The Rev. John Guttermann was talking with fellow pastors in 2010 when the conversation turned to the isolation immigrants face in detention.
“We should visit them,” Guttermann said. He soon found out that wasn’t quite so simple.
Guttermann went on to develop one of the country’s first visitation programs for detained immigrants. He helped spearhead a national visitation movement that now boasts programs in 19 states. Guttermann died late last month after a battle with brain cancer. He was 69.
“John brought love, hope and compassion into one of the darkest and loneliest systems in our country,” said Christina Fialho, co-founder of the Community Initiatives for Visiting Immigrants in Confinement network (CIVIC) to which Guttermann’s Conversations with Friends belonged.
Guttermann, of New Brighton, is survived by his wife, Dawn Schilling.
Guttermann was born in San Francisco and grew up in St. Paul. A graduate of the University of Minnesota and the United Theological Seminary of the Twin Cities, he was a longtime United Church of Christ pastor. He was also an avid reader, traveler and outdoorsman, who hiked to the base camp of Everest and Annapurna, climbed Mount Kilimanjaro and went on long-distance cycling trips.
He was working as an interim pastor in southern Minnesota when he lost both of his parents in 2006. He decided to take some time off to regroup and travel.

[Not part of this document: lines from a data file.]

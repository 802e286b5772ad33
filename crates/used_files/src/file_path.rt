//! Paths of files, compared by their bytes.
ghost use Rattle.std.specs.Prelude.{◌≡◌, ℕ, Some, nat_eq, refl, string_bytes};
ghost use Rattle.std.specs.Ordering.{nat_cmp};
ghost use Rattle.std.specs.Cmp.Lexicographic.{slice_cmp};
ghost use Rattle.std.specs.Cmp as Cmp;
ghost use Rattle.std.specs.Cmp.Rules.{comparing};
ghost use Rattle.std.proofs.Common.{rules};
ghost use Rattle.std.proofs.lemmas.Cmp.{nat_list_eq_equiv, nat_list_cmp_total};
ghost use lib.Pointwise.{pointwise};

use std::cmp::Ordering;
use std::marker::Model;

/// A path with `/` between its parts. Contracts see its bytes.
#[derive(Drop)]
pub struct FilePath {
    text: String,
}

impl Model for FilePath {
    ghost use Rattle.std.specs.Prelude.{List, ℕ, string_bytes};

    ghost Value = { List ℕ };

    ghost view = { λ path. string_bytes path.text };
}

impl FilePath {
    pub fn as_str(&self) -> &str
        ensures { result.now ≡ self.now }
    {
        self.text.as_str()
    }

    /// Takes no memory.
    pub fn into_string(self) -> String
        ensures { string_bytes result ≡ self }
    {
        let FilePath { text } = self;
        text
    }
}

impl From<String> for FilePath {
    ghost use Rattle.std.specs.Prelude.{◌≡◌, string_bytes};

    ghost from_gives = { λ text path. path ≡ string_bytes text };

    /// Takes no memory.
    fn from(text: String) -> FilePath {
        FilePath { text }
    }
}

impl PartialEq for FilePath {
    ghost eq = { pointwise nat_eq };

    ghost laws = { Cmp.partial_equiv_from_equiv nat_list_eq_equiv };

    fn eq(&self, other: &FilePath) -> bool {
        self.as_str() == other.as_str()
    }
}

impl Eq for FilePath {
    ghost laws = { nat_list_eq_equiv };
}

impl PartialOrd for FilePath {
    ghost partial_cmp = { λ x y. Some (slice_cmp nat_cmp x y) };

    ghost laws = { Cmp.partial_order_from_agreeing_total (slice_cmp nat_cmp) nat_list_cmp_total
        (λ x y. refl) (Prim.search (comparing, rules)) };

    fn partial_cmp(&self, other: &FilePath) -> Option<Ordering> {
        Some(self.cmp(other))
    }
}

impl Ord for FilePath {
    ghost cmp = { slice_cmp nat_cmp };

    ghost total = { nat_list_cmp_total };

    ghost matches_partial_cmp = { λ x y. refl };

    ghost matches_eq = { Prim.search (comparing, rules) };

    fn cmp(&self, other: &FilePath) -> Ordering {
        self.as_str().cmp(other.as_str())
    }
}
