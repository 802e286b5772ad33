//! Which keys of a list stood there before.
ghost use Rattle.std.specs.Prelude.{◌≡◌, ◌<◌, ℕ, IfOk, length, map, slice_index_or, false};
ghost use Rattle.std.specs.Vec.{vec_len};
ghost use Rattle.used_files.specs.Parts.{now_of};
ghost use Rattle.used_files.specs.Paths.{is_repeated};

use hdr_core::Memory;
use std::alloc::Global;
use std::collections::HashSet;

/// For each key whether it stands there not for the first time.
pub fn repeated_marks(alloc: Global, keys: &[&[u8]]) -> Result<Vec<bool>, Memory>
    ensures len { IfOk result (λ marks. vec_len marks ≡ length keys.now) }
    ensures marks { IfOk result (λ marks. (k : ℕ) → k < length keys.now →
        slice_index_or marks.items k false ≡ is_repeated (map now_of keys.now) k) }
{
    let mut seen = HashSet::with_capacity(alloc, keys.len())?;
    let mut marks = Vec::with_capacity(alloc, keys.len())?;
    for key in keys {
        let is_new = seen.insert(*key)?;
        marks.push(!is_new)?;
    }
    Ok(marks)
}
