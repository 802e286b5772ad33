//! Which of the listed paths are used, and in which order.
ghost use Rattle.std.specs.Prelude.{◌≡◌, ◌<◌, ◌++◌, [], ◌∷◌, ℕ, List, IfOk, OnOk, IfErr, IfSome};
ghost use Rattle.std.specs.Prelude.{Contains, map, filter, length, string_bytes, slice_index_or};
ghost use Rattle.std.specs.Prelude.{false, if◌then◌else◌};
ghost use Rattle.std.specs.Vec.{vec_len};
ghost use Rattle.std.specs.List.{flat_map};
ghost use Rattle.hdr_core.specs.Held.{IsListing};
ghost use Rattle.used_files.specs.Order.{in_order};
ghost use Rattle.used_files.specs.Parts.{now_of};
ghost use Rattle.used_files.specs.Paths.{File, path_order, used, places, place_at};
ghost use Rattle.used_files.specs.Paths.{first_uses as first_uses_of, is_repeated};
ghost use Rattle.used_files.specs.Paths.{is_used as is_used_of};
ghost use Rattle.used_files.specs.Stops.{StopsOnly, FaultRises};

use crate::file_path::FilePath;
use crate::kinds::FileKinds;
use crate::paths::is_used;
use crate::repeats::repeated_marks;
use crate::stop::Stop;
use hdr_core::{CallErr, Files, Memory};
use std::alloc::Global;
use std::marker::Model;

/// A used path, with the root under which it is used.
#[derive(Drop)]
pub struct UsedPath<'a> {
    root: &'a str,
    path: FilePath,
}

impl<'a> Model for UsedPath<'a> {
    ghost use Rattle.used_files.specs.Paths.{Place, place_at};

    ghost Value = { Place };

    ghost view = { λ used. place_at used.root.now used.path };
}

impl<'a> UsedPath<'a> {
    pub fn of(root: &'a str, path: FilePath) -> UsedPath<'a>
        ensures { result ≡ place_at root.now path }
    {
        UsedPath { root, path }
    }

    pub fn root(&self) -> &str
        ensures { result.now ≡ self.now.root }
    {
        self.root
    }

    pub fn path(&self) -> &str
        ensures { result.now ≡ self.now.path }
    {
        self.path.as_str()
    }

    /// Takes no memory.
    pub fn into_path(self) -> FilePath
        ensures { result ≡ self.entry.path }
    {
        let UsedPath { root: _, path } = self;
        path
    }
}

/// Puts a path behind the others, if it is used.
fn push_used(
    kinds: FileKinds,
    root: &str,
    path: String,
    paths: &mut Vec<FilePath>,
) -> Result<(), Memory>
    ensures { OnOk result (paths.new.items ≡ paths.old.items
        ++ (if is_used_of kinds root.now (string_bytes path)
        then string_bytes path ∷ [] else [])) }
{
    if is_used(kinds, root, path.as_str()) {
        paths.push(FilePath::from(path))?;
    }
    Ok(())
}

/// Those that are used of the paths that were listed under a root.
fn chosen_paths(
    alloc: Global,
    kinds: FileKinds,
    root: &str,
    listed: Vec<String>,
) -> Result<Vec<FilePath>, Memory>
    ensures { IfOk result (λ paths.
        paths.items ≡ filter (is_used_of kinds root.now) (map string_bytes listed.items)) }
{
    let mut paths = Vec::with_capacity(alloc, listed.len())?;
    for path in listed {
        push_used(kinds, root, path, &mut paths)?;
    }
    Ok(paths)
}

/// The paths in the order of their bytes, each once.
fn sort_paths(alloc: Global, mut paths: Vec<FilePath>) -> Result<Vec<FilePath>, Memory>
    ensures { IfOk result (λ sorted. sorted.items ≡ in_order path_order paths.items) }
{
    paths.as_mut_slice().sort(alloc)?;
    paths.dedup();
    Ok(paths)
}

/// The paths that are used of those that were listed under a root, ordered by their bytes, each
/// once.
pub fn used_paths(
    alloc: Global,
    kinds: FileKinds,
    root: &str,
    listed: Vec<String>,
) -> Result<Vec<FilePath>, Memory>
    ensures { IfOk result (λ paths. (held : List File) →
        IsListing held root.now (map string_bytes listed.items)
        → paths.items ≡ used kinds held root.now) }
{
    let paths = chosen_paths(alloc, kinds, root, listed)?;
    sort_paths(alloc, paths)
}

/// Puts the paths of a root behind the others.
fn push_places<'a>(
    root: &'a str,
    paths: Vec<FilePath>,
    all: &mut Vec<UsedPath<'a>>,
) -> Result<(), Memory>
    ensures { OnOk result (all.new.items ≡ all.old.items ++ map (place_at root.now) paths.items) }
{
    all.reserve(paths.len())?;
    for path in paths {
        all.push(UsedPath::of(root, path))?;
    }
    Ok(())
}

/// Lists a root.
fn list_root<F: Files>(
    alloc: Global,
    kinds: FileKinds,
    root: &str,
    files: &mut F,
) -> Result<Vec<FilePath>, Stop>
    ensures used { IfOk result (λ paths.
        IfSome (F.held files.old) (λ held. paths.items ≡ used kinds held root.now)) }
    ensures stops { IfErr result (λ stop. StopsOnly stop (λ path. path ≡ root.now) (λ _. ⊥)) }
    ensures faults { FaultRises result (F.faults files.old) (F.faults files.new) }
    ensures held { F.held files.new ≡ F.held files.old }
{
    let path = String::from_str(alloc, root)?;
    match files.list(alloc, root) {
        Ok(listed) => {
            let paths = used_paths(alloc, kinds, root, listed)?;
            Ok(paths)
        }
        Err(CallErr::Failed) => Err(Stop::Fault(path)),
        Err(CallErr::Memory) => Err(Stop::Memory),
    }
}

/// Lists the roots in their order.
pub fn list_roots<'a, F: Files>(
    alloc: Global,
    kinds: FileKinds,
    roots: &[&'a str],
    files: &mut F,
) -> Result<Vec<UsedPath<'a>>, Stop>
    ensures used { IfOk result (λ all. IfSome (F.held files.old) (λ held.
        all.items ≡ flat_map (places kinds held) (map now_of roots.now))) }
    ensures stops { IfErr result (λ stop. StopsOnly stop
        (λ path. Contains (map now_of roots.now) path) (λ _. ⊥)) }
    ensures faults { FaultRises result (F.faults files.old) (F.faults files.new) }
    ensures held { F.held files.new ≡ F.held files.old }
{
    let mut all = Vec::new(alloc);
    for root in roots {
        let paths = list_root(alloc, kinds, root, files)?;
        push_places(root, paths, &mut all)?;
    }
    Ok(all)
}

/// The paths of a list, as bytes.
fn path_keys<'a>(alloc: Global, all: &'a [UsedPath<'_>]) -> Result<Vec<&'a [u8]>, Memory>
    ensures { IfOk result (λ keys. map now_of keys.items ≡ map (λ place. place.path) all.now) }
{
    let mut keys = Vec::with_capacity(alloc, all.len())?;
    for place in all {
        keys.push(place.path().as_bytes())?;
    }
    Ok(keys)
}

/// For each path whether it is used before.
fn repeated_paths(alloc: Global, all: &[UsedPath<'_>]) -> Result<Vec<bool>, Memory>
    ensures len { IfOk result (λ marks. vec_len marks ≡ length all.now) }
    ensures marks { IfOk result (λ marks. (k : ℕ) → k < length all.now →
        slice_index_or marks.items k false ≡ is_repeated (map (λ place. place.path) all.now) k) }
{
    let keys = path_keys(alloc, all)?;
    repeated_marks(alloc, &keys)
}

/// Puts a place behind the others, if its path isn't used before.
fn push_use<'a>(
    place: UsedPath<'a>,
    is_repeated: bool,
    uses: &mut Vec<UsedPath<'a>>,
) -> Result<(), Memory>
    ensures { OnOk result (uses.new.items ≡ uses.old.items
        ++ (if is_repeated then [] else place.entry ∷ [])) }
{
    if !is_repeated {
        uses.push(place)?;
    }
    Ok(())
}

/// Of each path its first use.
pub fn first_uses(alloc: Global, all: Vec<UsedPath<'_>>) -> Result<Vec<UsedPath<'_>>, Memory>
    ensures { IfOk result (λ uses. uses.items ≡ first_uses_of all.entry.items) }
{
    let repeated = repeated_paths(alloc, &all)?;
    let mut uses = Vec::with_capacity(alloc, all.len())?;
    let mut index = 0;
    for place in all {
        let is_repeated = repeated[index];
        push_use(place, is_repeated, &mut uses)?;
        index += 1;
    }
    Ok(uses)
}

He went on a learning trip to Chiapas, Mexico, with a group from the Twin Cities seminary. Later, he and Schilling went on a similar trip to Guatemala. In both countries, Guttermann met with activists and members of indigenous communities, and learned about what propelled people across the U.S.-Mexico border.
Guttermann returned with a deep interest in immigration issues and came to feel for immigrants awaiting immigration court hearings or deportation in detention, often far away from families. He started Conversations with Friends in 2011, bringing community volunteers to meet with detainees in two classrooms at Ramsey County Adult Detention Center twice a month. In 2015, the program expanded to Freeborn County.

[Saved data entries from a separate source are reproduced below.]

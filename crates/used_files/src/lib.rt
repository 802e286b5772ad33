//! Which files a job uses: the class files under its roots, in their order, each path once.
#![tactic(auto)]

mod file_path;
mod kinds;
mod paths;
mod repeats;
mod stop;
mod used;

pub use file_path::FilePath;
pub use kinds::FileKinds;
pub use paths::{is_module, part_below, stem};
pub use repeats::repeated_marks;
pub use stop::Stop;
pub use used::{UsedPath, first_uses, list_roots, used_paths};
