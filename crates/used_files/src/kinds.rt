/// Which kinds of files below its roots a command uses.
#[derive(Clone, Copy, PartialEq, Eq)]
pub enum FileKinds {
    /// Class files, those of modules among them.
    ClassesAndModules,
    /// Class files without those of modules.
    Classes,
}
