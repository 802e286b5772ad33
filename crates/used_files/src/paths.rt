//! The parts of paths, and what they tell of a file.
ghost use Rattle.std.specs.Prelude.{◌≡◌, ◌<◌, IfSome, length, codes, Option, option_map};
ghost use Rattle.std.specs.List.{list_any};
ghost use Rattle.option_words.specs.Seen.{parts_seen, text_seen};
ghost use Rattle.used_files.specs.Paths.{first_folder as first_folder_of, parts_of, front_of};
ghost use Rattle.used_files.specs.Paths.{last_part as last_part_of, behind_root as behind_root_of};
ghost use Rattle.used_files.specs.Paths.{part_below as part_below_of, is_meta_inf};
ghost use Rattle.used_files.specs.Paths.{is_class_path as is_class_path_of};
ghost use Rattle.used_files.specs.Paths.{is_used as is_used_of};
ghost use Rattle.used_files.specs.Paths.{is_module as is_module_of, stem as stem_of};

use crate::kinds::FileKinds;

/// The first folder of a path, and what stands behind its `/`.
fn first_folder(path: &str) -> Option<(&str, &str)>
    ensures parts { parts_seen result ≡ first_folder_of path.now }
    ensures shorter { IfSome result (λ parts. length parts.1.now < length path.now) }
{
    path.split_once('/')
}

/// Whether one of the folders of a path is META-INF.
fn has_meta_inf(path: &str) -> bool
    ensures { result ≡ list_any is_meta_inf (front_of (parts_of path.now)) }
{
    let mut rest = path;
    while let Some((folder, behind)) = first_folder(rest) {
        if folder == "META-INF" {
            return true;
        }
        rest = behind;
    }
    false
}

/// The last part of a path.
fn last_part(path: &str) -> &str
    ensures { result.now ≡ last_part_of path.now }
{
    let mut rest = path;
    while let Some(folder) = first_folder(rest) {
        rest = folder.1;
    }
    rest
}

/// What stands behind the root and a `/`.
fn behind_root<'a>(root: &str, path: &'a str) -> Option<&'a str>
    ensures { text_seen result ≡ behind_root_of root.now path.now }
{
    match path.strip_prefix(root) {
        Some(rest) => rest.strip_prefix('/'),
        None => None,
    }
}

/// The part of a path below a root. Of a path that doesn't lie below it, as a root that is itself
/// a file, it is the last part.
pub fn part_below<'a>(root: &str, path: &'a str) -> &'a str
    ensures { result.now ≡ part_below_of root.now path.now }
{
    match behind_root(root, path) {
        Some(below) => below,
        None => last_part(path),
    }
}

/// Whether a path is that of a class file, and no folder META-INF below the root has it.
fn is_class_path(root: &str, path: &str) -> bool
    ensures { result ≡ is_class_path_of root.now path.now }
{
    path.as_bytes().ends_with(b".class") && !has_meta_inf(part_below(root, path))
}

/// Whether a path is that of a module's description (JVMS 4.1).
pub fn is_module(path: &str) -> bool
    ensures { result ≡ is_module_of path.now }
{
    last_part(path) == "module-info.class"
}

/// Whether a path under a root is used, by the kinds of files that are.
pub fn is_used(kinds: FileKinds, root: &str, path: &str) -> bool
    ensures { result ≡ is_used_of kinds root.now path.now }
{
    match kinds {
        FileKinds::ClassesAndModules => is_class_path(root, path),
        FileKinds::Classes => is_class_path(root, path) && !is_module(path),
    }
}

/// The path of a class file without its ending.
pub fn stem(path: &str) -> &str
    ensures { result.now ≡ stem_of path.now }
{
    match path.strip_suffix(".class") {
        Some(stem) => stem,
        None => path,
    }
}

Steve Kraemer, a volunteer with the program who took over as its director, estimates more than 800 detainees received visits through Conversations with Friends — from people brought here as children to immigrants who had served sentences after felony convictions. “We are not a Bible study,” said Kraemer. “We’re not Alcoholics Anonymous. We’re not English as a second language. We are there to provide comfort and let people know they are not alone.”
In tandem with Linus Chan of the University of Minnesota’s Detainee Rights Clinic, Guttermann’s program provided clothes, food, shelter and transportation to newly released immigrants. To Chan, Guttermann was a “steadfast ally.” He started a letter-writing initiative and a Circle of Compassion, in which metro churches included immigrants in detention in their prayers.
Guttermann cultivated productive relationships with sheriff’s offices and Immigration and Customs Enforcement officials, who contacted him about upcoming releases.
“He was driven and on a personal mission to connect with the folks in our custody,” said Ramsey County Undersheriff Joe Paget, whose department wrote Guttermann a letter of recommendation for the Freeborn County expansion. “It’s a lonely existence in there.”
His collaborative spirit impressed Fialho of CIVIC when she sought guidance to start a similar program in the San Francisco Bay Area. At the time, Conversations with Friends was one of four such programs nationally. Guttermann was a key partner in launching CIVIC, which now counts visitation programs at 43 facilities.
California Rep. Judy Chu’s office has granted him a Congressional Certificate of Recognition. Guttermann has also been recognized by the U’s Center for New Americans and the Minneapolis-based Advocates for Human Rights, where he was a longtime volunteer.
“Working with John was really extraordinary,” said Michele Garnett McKenzie, deputy director at the organization. “He took a complicated idea about immigration and connected it to his faith and his energy.”